Example 4: Complete Workflow
Code:
from ragfallback import AdaptiveRAGRetriever, CostTracker, MetricsCollector
from ragfallback.utils import (
create_huggingface_llm,
create_open_source_embeddings,
create_faiss_vector_store
)
from langchain.docstore.document import Document
# Step 1: Prepare documents (metadata is just for tracking - not actual files)
documents = [
Document(
page_content="Acme Corp revenue: $10M. Employees: 50. Founded: 2020.",
metadata={"source": "company_data.pdf"}
),
]
# Step 2: Create components
embeddings = create_open_source_embeddings()
vector_store = create_faiss_vector_store(documents, embeddings)
llm = create_huggingface_llm(use_inference_api=True)
# Step 3: Setup tracking
cost_tracker = CostTracker()
metrics = MetricsCollector()
# Step 4: Create retriever
retriever = AdaptiveRAGRetriever(
vector_store=vector_store,
llm=llm,
embedding_model=embeddings,
cost_tracker=cost_tracker,
metrics_collector=metrics,
fallback_strategy="query_variations",
max_attempts=3,
min_confidence=0.7
)
# Step 5: Query
result = retriever.query_with_fallback(
question="What is Acme Corp's revenue?",
context={"company": "Acme Corp"},
return_intermediate_steps=True
)
# Step 6: Display results
print("="*60)
print("QUERY RESULTS")
print("="*60)
print(f"Question: What is Acme Corp's revenue?")

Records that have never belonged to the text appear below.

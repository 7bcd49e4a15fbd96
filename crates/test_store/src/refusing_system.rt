//! The file system of the machine, but for what a test lets it refuse.

use std::alloc::Allocator;
use std::cell::Cell;
use std::fs::{File, FileTimes, Metadata, OpenFile, OpenOptions, TryLockError};
use std::io::{self, ErrorKind, Read, Seek, SeekFrom, Write};
use std::os::unix::fs::FileExt;
use std::rt::{Clock, Files};
use std::time::{Duration, UNIX_EPOCH};
use system_files::LockFile;

/// What another run does to a file while this one has no lock on it.
#[derive(Clone, Copy, Debug, PartialEq, Eq)]
pub enum Change {
    Nothing,
    /// It writes a byte of the first page.
    Page,
    /// It makes the file longer.
    Length,
    /// It leaves all bytes as they were.
    Times,
}

/// What is refused, and what happens meanwhile.
#[derive(Drop)]
pub struct Refusals {
    /// Files are not opened for writing, for this reason.
    pub writing: Cell<Option<ErrorKind>>,
    /// There are no locks.
    pub locks: Cell<bool>,
    /// The next sync of a folder fails, and no later one.
    pub folder_sync: Cell<bool>,
    /// Before the next exclusive lock of a file.
    pub change: Cell<Change>,
}

impl Refusals {
    /// Nothing is refused.
    pub fn none() -> Refusals {
        Refusals {
            writing: Cell::new(None),
            locks: Cell::new(false),
            folder_sync: Cell::new(false),
            change: Cell::new(Change::Nothing),
        }
    }

    /// The file system of this runtime with these refusals.
    pub fn over<R>(&self, rt: R) -> Refusing<'_, R> {
        Refusing { rt, refusals: self }
    }
}

/// The file system of a runtime, with refusals.
#[derive(Clone, Copy, Drop)]
pub struct Refusing<'a, R> {
    pub rt: R,
    pub refusals: &'a Refusals,
}

/// A file of it.
#[derive(Drop)]
pub struct RefusingFile<'a> {
    file: File,
    refusals: &'a Refusals,
}

impl<'a> RefusingFile<'a> {
    fn without_locks(&self) -> Result<(), TryLockError> {
        if self.refusals.locks.get() {
            Err(TryLockError::Error(ErrorKind::Unsupported.into()))
        } else {
            Ok(())
        }
    }

    fn change(&self) -> io::Result<()> {
        if self.file.metadata()?.is_dir() {
            return Ok(());
        }
        match self.refusals.change.replace(Change::Nothing) {
            Change::Nothing => Ok(()),
            Change::Page => {
                self.file.write_at(&[0], 9)?;
                Ok(())
            }
            Change::Length => {
                let length = self.file.metadata()?.len();
                self.file.set_len(length.saturating_add(1))
            }
            Change::Times => self
                .file
                .set_times(FileTimes::new().set_modified(UNIX_EPOCH)),
        }
    }
}

impl<'a> LockFile for RefusingFile<'a> {
    fn try_lock_shared(&self) -> Result<(), TryLockError> {
        self.without_locks()?;
        self.file.try_lock_shared()
    }

    fn try_lock(&self) -> Result<(), TryLockError> {
        self.without_locks()?;
        match self.change() {
            Ok(()) => self.file.try_lock(),
            Err(error) => Err(TryLockError::Error(error)),
        }
    }

    fn unlock(&self) -> io::Result<()> {
        self.file.unlock()
    }

    fn is_named<R: Files>(&self, rt: &R, path: &str) -> io::Result<bool> {
        self.file.is_named(rt, path)
    }
}

impl<'a> FileExt for RefusingFile<'a> {
    fn read_at(&self, bytes: &mut [u8], at: u64) -> io::Result<usize> {
        self.file.read_at(bytes, at)
    }

    fn write_at(&self, bytes: &[u8], at: u64) -> io::Result<usize> {
        self.file.write_at(bytes, at)
    }
}

impl<'a> OpenFile for RefusingFile<'a> {
    fn metadata(&self) -> io::Result<Metadata> {
        self.file.metadata()
    }

    fn set_len(&self, size: u64) -> io::Result<()> {
        self.file.set_len(size)
    }

    fn sync_all(&self) -> io::Result<()> {
        if self.file.metadata()?.is_dir() && self.refusals.folder_sync.replace(false) {
            return Err(ErrorKind::Other.into());
        }
        self.file.sync_all()
    }

    fn sync_data(&self) -> io::Result<()> {
        self.file.sync_data()
    }
}

impl<'a> Read for RefusingFile<'a> {
    fn read(&mut self, bytes: &mut [u8]) -> io::Result<usize> {
        self.file.read(bytes)
    }
}

impl<'a> Write for RefusingFile<'a> {
    fn write(&mut self, bytes: &[u8]) -> io::Result<usize> {
        self.file.write(bytes)
    }

    fn flush(&mut self) -> io::Result<()> {
        self.file.flush()
    }
}

impl<'a> Seek for RefusingFile<'a> {
    fn seek(&mut self, to: SeekFrom) -> io::Result<u64> {
        self.file.seek(to)
    }
}

impl<'a, R: Files<File = File>> Files for Refusing<'a, R> {
    type File = RefusingFile<'a>;

    type Dir = R::Dir;

    fn open_file(&self, how: &OpenOptions, path: &str) -> io::Result<RefusingFile<'a>> {
        if how.asks_write() {
            if let Some(kind) = self.refusals.writing.get() {
                return Err(kind.into());
            }
        }
        Ok(RefusingFile {
            file: self.rt.open_file(how, path)?,
            refusals: self.refusals,
        })
    }

    fn open_dir(&self, path: &str) -> io::Result<R::Dir> {
        self.rt.open_dir(path)
    }

    fn metadata(&self, path: &str) -> io::Result<Metadata> {
        self.rt.metadata(path)
    }

    fn symlink_metadata(&self, path: &str) -> io::Result<Metadata> {
        self.rt.symlink_metadata(path)
    }

    fn copy(&self, from: &str, to: &str) -> io::Result<u64> {
        self.rt.copy(from, to)
    }

    fn rename(&self, from: &str, to: &str) -> io::Result<()> {
        self.rt.rename(from, to)
    }

    fn remove_file(&self, path: &str) -> io::Result<()> {
        self.rt.remove_file(path)
    }

    fn create_dir(&self, path: &str) -> io::Result<()> {
        self.rt.create_dir(path)
    }

    fn remove_dir(&self, path: &str) -> io::Result<()> {
        self.rt.remove_dir(path)
    }

    fn remove_dir_all<B: Allocator>(&self, alloc: B, path: &str) -> io::Result<()> {
        self.rt.remove_dir_all(alloc, path)
    }
}

impl<'a, R: Clock> Clock for Refusing<'a, R> {
    fn monotonic(&self) -> io::Result<Duration> {
        self.rt.monotonic()
    }

    fn since_1970(&self) -> io::Result<Duration> {
        self.rt.since_1970()
    }
}
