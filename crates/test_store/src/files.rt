//! Files written, stopped and read back over each shelf.
ghost use Rattle.std.specs.Prelude.{◌≡◌, ◌<◌, ◌^◌, ◌-◌, ℕ, IsTrue};
ghost use Rattle.page_store.specs.ShelfState.{HasUnit, unit_file};
ghost use Rattle.page_store.specs.Pages.{HoldsPages};
ghost use Rattle.memory_shelf.specs.MemShelves.{mem_state_of};

use crate::checks::{assert_equal, assert_equal_for};
use crate::shelves::{attach, below, new_shelf};
use io_state::Fault;
use memory_shelf::{FuseShelf, Image, Kind, MemShelf};
use page_store::{Shelf, Store};
use std::alloc::Global;
use std::process::Abort;

/// What a file is found to be after a stop.
#[derive(Clone, Copy, Debug, PartialEq, Eq)]
pub enum Found {
    Absent,
    Refused,
    /// Closed, each page that of the file made from this byte, and so many pages.
    Closed(u8, u32),
    Mixed,
}

// Page n of the file made from a byte is full of this one.
fn byte_of(byte: u8, n: u32) -> u8 {
    byte.wrapping_add((n % 100) as u8)
}

// Writes the pages below count.
fn fill<S: Shelf>(shelf: &mut S, store: &mut Store, count: u32, byte: u8) -> Result<(), Fault>
    requires unit { HasUnit (S.state shelf.old) store.old.unit }
    requires pages { IsTrue (S.state shelf.old).is_honest
        → HoldsPages store.old.pages (unit_file (S.state shelf.old) store.old.unit) }
    requires count { count < 2 ^ 32 - 1 }
    ensures unit { HasUnit (S.state shelf.new) store.new.unit }
    ensures same { store.new.unit ≡ store.old.unit }
    ensures pages { IsTrue (S.state shelf.new).is_honest
        → HoldsPages store.new.pages (unit_file (S.state shelf.new) store.new.unit) }
{
    for n in 0..count {
        if n > store.pages {
            return Ok(());
        }
        store.write_page(shelf, n, &[byte_of(byte, n); 4096])?;
    }
    Ok(())
}

/// Makes the file anew with these pages.
pub fn make<S: Shelf>(shelf: &mut S, count: u32, byte: u8) -> Result<(), Fault>
    requires unit { HasUnit (S.state shelf.old) 0 }
    requires count { count < 2 ^ 32 - 1 }
    ensures unit { HasUnit (S.state shelf.new) 0 }
{
    let mut store = Store::make(shelf, 0)?;
    fill(shelf, &mut store, count, byte)?;
    store.finish(shelf)
}

/// Changes these pages of a file that is there.
pub fn change<S: Shelf>(shelf: &mut S, count: u32, byte: u8) -> Result<(), Fault>
    requires unit { HasUnit (S.state shelf.old) 0 }
    requires count { count < 2 ^ 32 - 1 }
    ensures unit { HasUnit (S.state shelf.new) 0 }
{
    if !shelf.exists(0)? {
        return Ok(());
    }
    let mut store = Store::open(shelf, 0)?;
    if store.pages < count || count == 0 {
        return Ok(());
    }
    store.begin_change(shelf)?;
    fill(shelf, &mut store, count, byte)?;
    store.finish(shelf)
}

/// Opens the gate of a file that is there, and stops.
pub fn begin<S: Shelf>(shelf: &mut S, unit: usize) -> Result<(), Fault>
    requires unit { HasUnit (S.state shelf.old) unit }
    ensures unit { (u : ℕ) → HasUnit (S.state shelf.old) u → HasUnit (S.state shelf.new) u }
{
    if !shelf.exists(unit)? {
        return Ok(());
    }
    let store = Store::open(shelf, unit)?;
    if store.pages > 0 {
        store.begin_change(shelf)?;
    }
    Ok(())
}

// Reads the pages of a file that was made from this byte.
fn find_pages<S: Shelf>(shelf: &mut S, store: Store, byte: u8) -> Result<Found, Fault>
    requires unit { HasUnit (S.state shelf.old) store.unit }
    requires pages { IsTrue (S.state shelf.old).is_honest
        → HoldsPages store.pages (unit_file (S.state shelf.old) store.unit) }
    ensures unit { HasUnit (S.state shelf.new) store.unit }
{
    let mut page = [0; 4096];
    for n in 0..store.pages {
        store.read_page(shelf, n, &mut page)?;
        let want = [byte_of(byte, n); 4096];
        if page[1..] != want[1..] {
            return Ok(Found::Mixed);
        }
    }
    Ok(Found::Closed(byte, store.pages))
}

// Reads a file that has a page.
fn find_gate<S: Shelf>(shelf: &mut S, store: Store) -> Result<Found, Fault>
    requires unit { HasUnit (S.state shelf.old) store.unit }
    requires pages { IsTrue (S.state shelf.old).is_honest
        → HoldsPages store.pages (unit_file (S.state shelf.old) store.unit) }
    requires some { 0 < store.pages }
    ensures unit { HasUnit (S.state shelf.new) store.unit }
{
    let mut page = [0; 4096];
    store.read_page(shelf, 0, &mut page)?;
    if page[0] != b'C' {
        return Ok(Found::Refused);
    }
    find_pages(shelf, store, page[1])
}

pub fn find<S: Shelf>(shelf: &mut S) -> Result<Found, Fault>
    requires unit { HasUnit (S.state shelf.old) 0 }
    ensures unit { HasUnit (S.state shelf.new) 0 }
{
    if !shelf.exists(0)? {
        return Ok(Found::Absent);
    }
    let store = Store::open(shelf, 0)?;
    if store.pages == 0 {
        return Ok(Found::Refused);
    }
    find_gate(shelf, store)
}

#[test]
fn a_hundred_pages_are_read_as_written(rt: HostRuntime) {
    let mut shelf = new_shelf(&rt, rt.alloc());
    assert_equal(&rt, make(&mut shelf, 100, 7), Ok(()));
    assert_equal(&rt, find(&mut shelf), Ok(Found::Closed(7, 100)));
    assert_equal(&rt, shelf.faults(), 0);
}

/// How a call of a shelf fails: after it was made or before, and once or for good.
pub const WAYS: [(bool, bool); 4] = [(false, false), (false, true), (true, false), (true, true)];

// A call failed of a program that makes a file and reads it back: whether it was made, what it found,
// and what is found later.
fn is_whole_or_refused(
    rt: &impl Abort,
    fuse: (Kind, u64, bool, bool),
    count: u32,
    made: bool,
    found: Result<Found, Fault>,
    left: Found,
) {
    if made {
        assert_equal_for(rt, fuse, left, Found::Closed(7, count));
        assert_equal_for(rt, fuse, found.is_err(), true);
    }
    assert_equal_for(rt, fuse, left == Found::Mixed, false);
}

// The n-th call of a kind fails, of a program that makes a file of so many pages and reads it back: the
// file is closed whole, or refused. Whether a call failed.
pub fn fails_at<S: Shelf + Drop>(
    rt: &impl Abort,
    inner: S,
    fuse: (Kind, u64, bool, bool),
    count: u32,
) -> bool
    requires unit { HasUnit (S.state inner) 0 }
    requires count { count < 2 ^ 32 - 1 }
{
    let (kind, at, after, for_good) = fuse;
    let mut shelf = FuseShelf::new(inner, kind, at, after, for_good);
    let made = make(&mut shelf, count, 7).is_ok();
    let found = find(&mut shelf);
    let failed = shelf.faults() > 0;
    assert_equal_for(rt, fuse, failed, shelf.calls(kind) >= at);
    assert_equal_for(rt, fuse, shelf.unperformed(), 0);
    if !failed {
        assert_equal_for(rt, fuse, made, true);
        assert_equal_for(rt, fuse, found, Ok(Found::Closed(7, count)));
        return false;
    }
    let mut inner = below(rt, shelf);
    let left = find(&mut inner).expect(rt, "no call fails");
    is_whole_or_refused(rt, fuse, count, made, found, left);
    true
}

// Each of the calls of a kind fails in turn, up to the first number that no call has. How many calls
// there are.
fn each_call_fails(rt: &impl Abort, alloc: Global, kind: Kind, after: bool, for_good: bool) -> u64 {
    for at in 1..200 {
        let inner = new_shelf(rt, alloc);
        if !fails_at(rt, inner, (kind, at, after, for_good), 100) {
            return at - 1;
        }
    }
    200
}

/// How many calls of each kind make a file of so many pages and read it back. The first page is read
/// twice, first for its gate. The gate is written before the pages and behind them. The file is synced
/// when its gate is open, when its pages are written, and when its gate is closed. It is created once.
pub fn calls_for(pages: u32) -> [(Kind, u64); 4] {
    [
        (Kind::Reads, u64::from(pages) + 1),
        (Kind::Writes, u64::from(pages) + 2),
        (Kind::Syncs, 3),
        (Kind::Changes, u64::from(pages) + 6),
    ]
}

#[test]
fn a_file_is_closed_only_if_no_call_failed(rt: HostRuntime) {
    for (kind, expected) in calls_for(100) {
        for &(after, for_good) in &WAYS {
            let calls = each_call_fails(&rt, rt.alloc(), kind, after, for_good);
            assert_equal_for(&rt, (kind, after, for_good), calls, expected);
        }
    }
}

const IMAGES: [Image; 4] = [
    Image::AsRead,
    Image::Synced,
    Image::Filled(0),
    Image::Filled(b'C'),
];

// What a crash image holds.
fn found_after(rt: &impl Abort, alloc: Global, shelf: &MemShelf, image: Image) -> Found {
    let mut left = shelf.crash(alloc, image).expect(rt, "memory");
    attach(rt, &mut left);
    find(&mut left).expect(rt, "no call fails")
}

// Whether each crash image holds the new file or, where it was not done, may be refused or what was
// found at the start.
fn holds_new(rt: &impl Abort, alloc: Global, shelf: &MemShelf, start: Found, done: bool) -> bool {
    for &image in &IMAGES {
        let found = found_after(rt, alloc, shelf, image);
        let expected = found == Found::Closed(50, 2)
            || !done && (found == Found::Refused || found == start);
        if !expected {
            return false;
        }
    }
    true
}

// A shelf with an empty file.
fn with_empty_file(rt: &impl Abort, alloc: Global) -> MemShelf
    ensures unit { HasUnit (mem_state_of result) 0 }
{
    let mut shelf = new_shelf(rt, alloc);
    shelf.create(0).expect(rt, "an empty file");
    assert_equal(rt, shelf.sync(0), Ok(()));
    shelf
}

// A shelf with a closed file of two pages.
fn with_file(rt: &impl Abort, alloc: Global) -> MemShelf
    ensures unit { HasUnit (mem_state_of result) 0 }
{
    let mut shelf = new_shelf(rt, alloc);
    assert_equal(rt, make(&mut shelf, 2, 10), Ok(()));
    shelf
}

// What a shelf has before a file is made anew: none, an empty one, or a closed one.
fn with_start(rt: &impl Abort, alloc: Global, start: u32) -> MemShelf
    ensures unit { HasUnit (mem_state_of result) 0 }
{
    match start {
        0 => new_shelf(rt, alloc),
        1 => with_empty_file(rt, alloc),
        _ => with_file(rt, alloc),
    }
}

// The change of a closed file is begun, and stopped.
fn begin_at(rt: &impl Abort, shelf: &mut MemShelf, start: u32)
    requires unit { HasUnit (mem_state_of shelf.old) 0 }
    ensures unit { HasUnit (mem_state_of shelf.new) 0 }
{
    if start == 3 {
        assert_equal(rt, begin(shelf, 0), Ok(()));
    }
}

// A file is made anew, and stopped at the n-th change. Whether it was done.
fn stops_making(rt: &impl Abort, alloc: Global, start: u32, after: bool, at: u64) -> bool {
    let mut shelf = with_start(rt, alloc, start);
    let found = find(&mut shelf).expect(rt, "no call fails");
    begin_at(rt, &mut shelf, start);
    let mut fuse = FuseShelf::new(shelf, Kind::Changes, at, after, true);
    let done = make(&mut fuse, 2, 50).is_ok();
    assert_equal(rt, done, fuse.faults() == 0);
    let holds = holds_new(rt, alloc, &fuse.into_inner(), found, done);
    assert_equal_for(rt, (start, at), holds, true);
    done
}

// A file is made anew, and stopped at each change in turn. How many changes there are.
fn stops_making_at_each(rt: &impl Abort, alloc: Global, start: u32, after: bool) -> u64 {
    for at in 1..30 {
        if stops_making(rt, alloc, start, after, at) {
            return at - 1;
        }
    }
    30
}

// A file is made anew over none, over an empty one, over a closed one and over one whose change was
// stopped. Two pages, a sync, the gate and a sync are five changes. Before them the gate is opened: the
// file is created, or synced where it is empty, and then the gate and a sync; only these two where it is
// closed; and where it is open already, a sync alone.
#[test]
fn a_stop_inside_make_leaves_no_file_a_refused_one_the_old_or_the_new(rt: HostRuntime) {
    for &(start, changes) in &[(0, 8), (1, 8), (2, 7), (3, 6)] {
        for &after in &[false, true] {
            let found = stops_making_at_each(&rt, rt.alloc(), start, after);
            assert_equal_for(&rt, (start, after), found, changes);
        }
    }
}

// A file is changed, and stopped at the n-th change. Whether it was done.
fn stops_changing(rt: &impl Abort, alloc: Global, after: bool, at: u64) -> bool {
    let shelf = with_file(rt, alloc);
    let mut fuse = FuseShelf::new(shelf, Kind::Changes, at, after, true);
    let done = change(&mut fuse, 2, 50).is_ok();
    assert_equal(rt, done, fuse.faults() == 0);
    let holds = holds_new(rt, alloc, &fuse.into_inner(), Found::Closed(10, 2), done);
    assert_equal_for(rt, at, holds, true);
    done
}

// A file is changed, and stopped at each change in turn. How many changes there are.
fn stops_changing_at_each(rt: &impl Abort, alloc: Global, after: bool) -> u64 {
    for at in 1..30 {
        if stops_changing(rt, alloc, after, at) {
            return at - 1;
        }
    }
    30
}

// The gate and a sync open it; then come two pages, a sync, the gate and a sync.
#[test]
fn a_stop_inside_a_change_leaves_the_old_file_a_refused_one_or_the_new(rt: HostRuntime) {
    for &after in &[false, true] {
        let found = stops_changing_at_each(&rt, rt.alloc(), after);
        assert_equal_for(&rt, after, found, 7);
    }
}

print(f"Answer: {result.answer}")
print(f"Source: {result.source}")
print(f"Confidence: {result.confidence:.2%}")
print(f"Attempts: {result.attempts}")
print(f"Cost: ${result.cost:.4f}")
# Step 7: Display metrics
print("\n" + "="*60)
print("METRICS")
print("="*60)
stats = metrics.get_stats()
print(f"Total Queries: {stats['total_queries']}")
print(f"Success Rate: {stats['success_rate']:.2%}")
print(f"Average Confidence: {stats['avg_confidence']:.2f}")
Output:
============================================================
QUERY RESULTS
============================================================
Question: What is Acme Corp's revenue?
Answer: Acme Corp revenue: $10M.
Source: company_data.pdf
Confidence: 92.00%
Attempts: 1
Cost: $0.0000
============================================================
METRICS
============================================================
Total Queries: 1
Success Rate: 100.00%
Average Confidence: 0.92
Note: Metrics are collected from query executions. Confidence scores are calculated using document retrieval and answer quality assessment.
๐ฏ Use Cases
Use Case 1: Research Assistant
Build a research assistant that answers questions about companies:
retriever = AdaptiveRAGRetriever(...)
result = retriever.query_with_fallback(
question="What is the company's revenue?",
context={"company": "Acme Corp"}
)
Use Case: Company research, competitive intelligence, due diligence
Use Case 2: Document Q&A
Answer questions from large document collections:
retriever = AdaptiveRAGRetriever(...)
result = retriever.query_with_fallback(
question="What are the key findings?",
return_intermediate_steps=True
)
Use Case: Legal document analysis, research papers, technical documentation
Use Case 3: Cost-Conscious Production
Production systems with budget limits:
cost_tracker = CostTracker(budget=10.0)
retriever = AdaptiveRAGRetriever(
...,
cost_tracker=cost_tracker
)
result = retriever.query_with_fallback(
question="...",
enforce_budget=True
)
Use Case: Production APIs, SaaS applications, high-volume systems
Use Case 4: Open-Source Setup
Completely free setup using only open-source components:
# All free, no API keys!
embeddings = create_open_source_embeddings()
vector_store = create_faiss_vector_store(documents, embeddings)
llm = create_huggingface_llm(use_inference_api=True)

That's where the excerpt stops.